BPF map entries not being removed
alemuro opened this issue · comments
What happened:
Hello, since I've enabled AWS VPC CNI Network Policies I've detected that some nodes in my EKS cluster fails randomly. After debugging a bit, I saw that the aws-eks-nodeagent
container is creating a lot of open_files/processes. This causes the node to be unresponsive after a long time (some hours), when services cannot create more files.
Attach logs
I've entered the aws-eks-nodeagent
and I saw the following logs. Apparently, seems like the container is unable to delete entries from the BPF map.
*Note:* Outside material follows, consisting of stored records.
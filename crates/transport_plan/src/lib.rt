//! How the bytes of a build come to the store: the plan, the pieces and the segments.
#![tactic(auto)]

pub mod choice;
pub mod input;
pub mod law;
pub mod pieces;
pub mod span;

pub use choice::plan;
pub use input::PlanInput;
pub use law::spans_cover;
pub use pieces::pieces_of;
pub use span::segment_span;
$ tail -f /var/log/aws-routed-eni/ebpf-sdk.log
{"level":"error","ts":"2023-11-07T14:09:31.711Z","caller":"conntrack/conntrack_client.go:131","msg":"unable to delete map entry and ret -1 and err no such file or directory"}
{"level":"error","ts":"2023-11-07T14:09:31.711Z","caller":"conntrack/conntrack_client.go:131","msg":"unable to delete map entry and ret -1 and err no such file or directory"}
{"level":"error","ts":"2023-11-07T14:09:31.711Z","caller":"conntrack/conntrack_client.go:131","msg":"unable to delete map entry and ret -1 and err no such file or directory"}
{"level":"error","ts":"2023-11-07T14:09:31.711Z","caller":"conntrack/conntrack_client.go:131","msg":"unable to delete map entry and ret -1 and err no such file or directory"}
{"level":"error","ts":"2023-11-07T14:09:31.711Z","caller":"conntrack/conntrack_client.go:131","msg":"unable to delete map entry and ret -1 and err no such file or directory"}
{"level":"error","ts":"2023-11-07T14:09:31.711Z","caller":"conntrack/conntrack_client.go:131","msg":"unable to delete map entry and ret -1 and err no such file or directory"}
{"level":"error","ts":"2023-11-07T14:09:31.711Z","caller":"conntrack/conntrack_client.go:131","msg":"unable to delete map entry and ret -1 and err no such file or directory"}
{"level":"error","ts":"2023-11-07T14:09:31.711Z","caller":"conntrack/conntrack_client.go:131","msg":"unable to delete map entry and ret -1 and err no such file or directory"}
{"level":"error","ts":"2023-11-07T14:09:31.711Z","caller":"conntrack/conntrack_client.go:131","msg":"unable to delete map entry and ret -1 and err no such file or directory"}
{"level":"error","ts":"2023-11-07T14:09:31.711Z","caller":"conntrack/conntrack_client.go:131","msg":"unable to delete map entry and ret -1 and err no such file or directory"}
What you expected to happen:
How to reproduce it (as minimally and precisely as possible):
Anything else we need to know?:
This an "empty" cluster with one application and the following components:
- Karpenter
- EFS CSI driver
There are monitoring and ingress tools as well.
Environment:
- Kubernetes version (use
kubectl version
): v1.27.7 - CNI Version: v1.15.3
- Network Policy Agent Version: v1.0.5
- OS (e.g:
cat /etc/os-release
): Amazon Linux 2 - Kernel (e.g.
uname -a
): 5.10.197-186.748.amzn2.x86_64
@alemuro - Can you please confirm if the enable-policy-event-logs is disabled or enabled? Do you still have the node? if so can you collect node logs via /opt/cni/bin/aws-cni-support.sh
, o/p from bpftool map show
and mail them to k8s-awscni-triage@amazon.com
Nvm, we were able to repro the issue and have a possible fix. Right now mitigation would be to use v1.15.1 i.e, with agent version v1.0.4.
Hello @jayanthvn , I've sent the output of the aws-cni-support.sh
script. Unfortunately, the instance is not live anymore so I cannot run the bpftool map show
command.
I will try to downgrade to 1.15.1 and see if that fixes the issue. Thanks!